A partire dall’albergo fino ad arrivare ai ristoranti, prestate attenzione ai prezzi. La stangata, purtroppo, è sempre dietro l’angolo.
Brutte notizie per molti di coloro che desiderano andare in vacanza in quanto rischiano di dover fare i conti con un vero e proprio salasso per via dell’aumento del costo di vari beni e servizi. Entriamo quindi nei dettagli e vediamo tutto quello che c’è da sapere in merito.

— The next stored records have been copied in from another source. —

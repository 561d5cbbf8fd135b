// The search for a tree, over nodes in a flat array, three words a node: left (0: a leaf), right, gate.
ghost use Rattle.std.specs.Prelude.{◌≡◌, ℕ, ◌+◌, ◌*◌, ◌≤◌, ◌<◌, IfSome, length, drop};
ghost use Rattle.selector.specs.Nodes.{most_nodes, node_slots, most_levels};
ghost use Rattle.base.specs.Limits.{most_gates};
ghost use Rattle.selector.specs.Inner.{Listed, Distinct, Sound};
ghost use Rattle.selector.specs.Gates.{gate_words};
ghost use Rattle.selector.specs.Tree.{grown};
ghost use Rattle.selector.specs.Search.{may_stand, first_bound, search_tree, plan_tree};
ghost use Rattle.selector.specs.Flat.{split_flat, offer_node, offer_fork, Fine, Stands};
ghost use Rattle.tree.specs.Offers.{count_of, fits_offer};

use crate::gates::{constants_of, factor_of};
use crate::nodes::put_node;
use crate::order::arrange;
use selector::{GATE_WORDS, MOST_GATES, MOST_LEVELS, Marks, NODE_WORDS, Nodes};

// "Targets: t, 2t, 4t, 8t".
const TARGETS: u64 = 4;

// "for i = 0..L+1": the levels that i runs past L.
const EXTRA_LEVELS: u64 = 1;

// A gate on offer, for a target and a bound; the lookup gate has `extra` constants.
#[derive(Clone, Copy)]
pub struct Offer {
    pub gate: u64,
    pub target: u64,
    pub bound: u64,
    pub extra: u64,
}

// Whether a gate may stand at a depth: degree within the target, constants plus depth within the bound.
#[tactic(auto, using(crate::proofs::TestLaws::tests), unfolding(selector::specs::Search::may_stand, selector::specs::Gates::degree_at))]
fn may_stand(gates: &[u64], gate: u64, depth: u64, offer: Offer) -> bool
    requires { gate * gate_words + 2 < length gates.now }
    ensures { result ≡ fits_offer gates.now offer gate depth }
{
    let at = gate as usize * GATE_WORDS;
    let fits = if gates[at] == 3 {
        depth.max(2) <= offer.target
    } else {
        depth <= offer.target && gates[at + 1] <= offer.target - depth
    };
    fits && depth <= offer.bound && constants_of(gates, gate, offer.extra) <= offer.bound - depth
}

// The leaf at `at` becomes a fork of two new nodes: its gate left, the new gate right.
fn split(nodes: &mut Nodes, count: usize, at: usize, gate: u64)
    requires { (count + 2 ≤ most_nodes) × (at < count) }
    ensures { nodes.new ≡ split_flat nodes.old count at gate }
{
    let old = nodes[at * NODE_WORDS + 2];
    put_node(nodes, count, 0, 0, old);
    let next = count + 1;
    put_node(nodes, next, 0, 0, gate);
    put_node(nodes, at, count as u64, next as u64, 0);
}

// A gate is offered to a node: the number of nodes after it, the same where it is refused.
#[cycle(try_add_gate_try_add_to_sides)]
fn try_add_gate(
    gates: &[u64],
    nodes: &mut Nodes,
    count: usize,
    at: usize,
    depth: u64,
    levels: u64,
    offer: Offer,
) -> usize
    requires fine { Fine gates.now nodes.old count at offer.gate }
    requires levels_bound { depth + levels < 1000 }
    ensures value { result ≡ (offer_node levels (fits_offer gates.now offer) offer.gate depth at nodes.old count).count }
    ensures nodes_after { nodes.new ≡ (offer_node levels (fits_offer gates.now offer) offer.gate depth at nodes.old count).nodes }
{
    if levels == 0 {
        return count;
    }
    if nodes[at * NODE_WORDS] == 0 {
        if may_stand(gates, nodes[at * NODE_WORDS + 2], depth + 1, offer)
            && may_stand(gates, offer.gate, depth + 1, offer)
        {
            split(nodes, count, at, offer.gate);
            return count + 2;
        }
        return count;
    }
    try_add_to_sides(gates, nodes, count, at, depth + 1, levels - 1, offer)
}

// And to the sides of a fork, which stand at `depth`.
#[cycle(try_add_gate_try_add_to_sides)]
fn try_add_to_sides(
    gates: &[u64],
    nodes: &mut Nodes,
    count: usize,
    at: usize,
    depth: u64,
    levels: u64,
    offer: Offer,
) -> usize
    requires fine { Fine gates.now nodes.old count at offer.gate }
    requires levels_bound { depth + levels < 1000 }
    ensures value { result ≡ (offer_fork levels (fits_offer gates.now offer) offer.gate depth at nodes.old count).count }
    ensures nodes_after { nodes.new ≡ (offer_fork levels (fits_offer gates.now offer) offer.gate depth at nodes.old count).nodes }
{
    let left = nodes[at * NODE_WORDS] as usize;
    let taken = try_add_gate(gates, nodes, count, left, depth, levels, offer);
    if taken != count {
        return taken;
    }
    let right = nodes[at * NODE_WORDS + 1] as usize;
    try_add_gate(gates, nodes, count, right, depth, levels, offer)
}

// The tree of the gates order[base..], offered in order: how many nodes it has, or none where a gate is refused.
fn place_all<'a>(
    gates: &'a [u64],
    order: &'a Marks,
    nodes: &mut Nodes,
    many: usize,
    base: usize,
    extra: u64,
    target: u64,
    bound: u64,
) -> Option<usize>
    requires gate_words_in_bounds { (many * gate_words ≤ length gates.now) × (bound ≤ most_levels) × (length order.now ≡ most_gates) × (length nodes.old ≡ node_slots) }
    requires listed { Listed many (drop base order.now) }
    requires distinct { Distinct (drop base order.now) }
    ensures stands { Stands many (grown (may_stand extra gates.now target bound) (drop base order.now)) nodes.new (count_of result) }
    ensures some { IfSome result (λ n. 0 < n) }
    ensures nodes_len { length nodes.new ≡ node_slots }
{
    if MOST_GATES <= base {
        return None;
    }
    let first = Offer {
        gate: order[base],
        target,
        bound,
        extra,
    };
    if !may_stand(gates, first.gate, 0, first) {
        return None;
    }
    put_node(nodes, 0, 0, 0, first.gate);
    let mut count = 1;
    for i in base + 1..MOST_GATES {
        let offer = Offer {
            gate: order[i],
            ..first
        };
        let taken = try_add_gate(gates, nodes, count, 0, 0, MOST_LEVELS, offer);
        if taken == count {
            return None;
        }
        count = taken;
    }
    Some(count)
}

// The first tree of the bounds from `bound` on, `left` of them.
fn try_find_placement_for_degree<'a>(
    gates: &'a [u64],
    order: &'a Marks,
    nodes: &mut Nodes,
    many: usize,
    base: usize,
    extra: u64,
    target: u64,
    bound: u64,
    left: u64,
) -> Option<usize>
    requires gate_words_in_bounds { (many * gate_words ≤ length gates.now) × (bound + left ≤ most_levels + 1) × (length order.now ≡ most_gates) × (length nodes.old ≡ node_slots) }
    requires listed { Listed many (drop base order.now) }
    requires distinct { Distinct (drop base order.now) }
    ensures stands { Stands many (first_bound (λ (b : ℕ). grown (may_stand extra gates.now target b) (drop base order.now)) left bound) nodes.new (count_of result) }
    ensures some { IfSome result (λ n. 0 < n) }
    ensures nodes_len { length nodes.new ≡ node_slots }
{
    for b in bound..bound + left {
        if let Some(count) = place_all(gates, order, nodes, many, base, extra, target, b) {
            return Some(count);
        }
    }
    None
}

// The search: the targets from the factor of M on, and for each the bounds G to G + L + 1.
fn search(gates: &[u64], nodes: &mut Nodes, many: usize, extra: u64) -> Option<usize>
    requires sound { Sound gates.now many extra }
    requires nodes_len { length nodes.old ≡ node_slots }
    ensures stands { Stands many (search_tree extra gates.now many) nodes.new (count_of result) }
    ensures some { IfSome result (λ n. 0 < n) }
    ensures nodes_len_2 { length nodes.new ≡ node_slots }
{
    let mut order = [0; MOST_GATES];
    let ranged = arrange(gates, many, extra, &mut order);
    let base = ranged.base;
    let levels = base::power_above((MOST_GATES - base) as u64);
    let left = levels.exponent + (EXTRA_LEVELS + 1);
    let mut target = factor_of(ranged.degree);
    for _ in 0..TARGETS {
        if let Some(count) = try_find_placement_for_degree(
            gates,
            &order,
            nodes,
            many,
            base,
            extra,
            target,
            ranged.constants,
            left,
        ) {
            return Some(count);
        }
        target *= 2;
    }
    None
}

// The tree of a list of gates: a lone leaf for one gate, else what the search finds. The number of its nodes, if there is one.
pub(crate) fn compute_placement(
    gates: &[u64],
    nodes: &mut Nodes,
    many: usize,
    extra: u64,
) -> Option<usize>
    requires sound { Sound gates.now many extra }
    requires nodes_len { length nodes.old ≡ node_slots }
    ensures stands { Stands many (plan_tree extra gates.now many) nodes.new (count_of result) }
    ensures some { IfSome result (λ n. 0 < n) }
    ensures nodes_len_2 { length nodes.new ≡ node_slots }
{
    if many == 1 {
        put_node(nodes, 0, 0, 0, 0);
        return Some(1);
    }
    search(gates, nodes, many, extra)
}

Siamo ormai giunti alla fine del sesto mese dell’anno in corso che, come al solito, ha portato con sé le alte temperature tipiche della stagione e il desiderio di trascorrere dei giorni all’insegna del relax, magari al mare mentre si viene baciati dal sole. Allo stesso tempo non si può negare come le vacanze comportino dei costi non indifferenti, tanto da portare in molti a rinunciarci.
Basti pensare a come in tanti rischino di dover fare i conti con una vera e propria stangata per via dell’aumento del costo di vari beni e servizi, a partire dai trasporti fino ad arrivare ai ristoranti e agli alberghi. Ma cosa sta succedendo? Entriamo quindi nei dettagli e vediamo tutto quello che c’è da sapere in merito.
Brutte notizie per molte persone che desiderano andare in vacanza, in quanto rischiano di dover fare i conti con una vera e propria stangata. A denunciarlo è il Codacons che ha reso noto alcuni aumenti non indifferenti. Soffermandosi sui trasporti, ad esempio, si registra rispetto al 2022 un aumento pari al 43,9% per un biglietto aereo per un volo nazionale. Tale aumento è pari a 42,6% per una destinazione europea e del 36,8% per una destinazione internazionale.
Aumentano anche benzina e gasolio, mentre viaggiare in treno registrare un aumento del 3,8%. Aumenta anche il costo degli alloggi, con rincari medi del 13,6% su base annua. In particolare a registrare aumenti non indifferenti sono le città d’arte e le località di mare. A guidare la classifica del caro – alberghi è Firenze, dove i prezzi di B&B e strutture ricettive in generale aumentano fino al 53% rispetto al 2022. Al secondo posto troviamo Palermo con un aumento del 35,9%, mentre al terzo posto Milano con un rincaro del 27,7%.
Si registra un aumento medio del +19,2% per i pacchetti vacanza; mentre per mangiare presso bar e ristoranti bisogna spendere dal 6,7% al 15,3% in più rispetto all’anno scorso. Un aumento generale dei prezzi che coinvolge anche i gelati che costano fino al 21,8% in più. Anche mangiare un’insalata peserà ulteriormente sulle nostre tasche, per via di aumenti pari al 10,9%. Se si desiderano aggiungere i pomodori, inoltre, la spesa aumenta del 18,2%.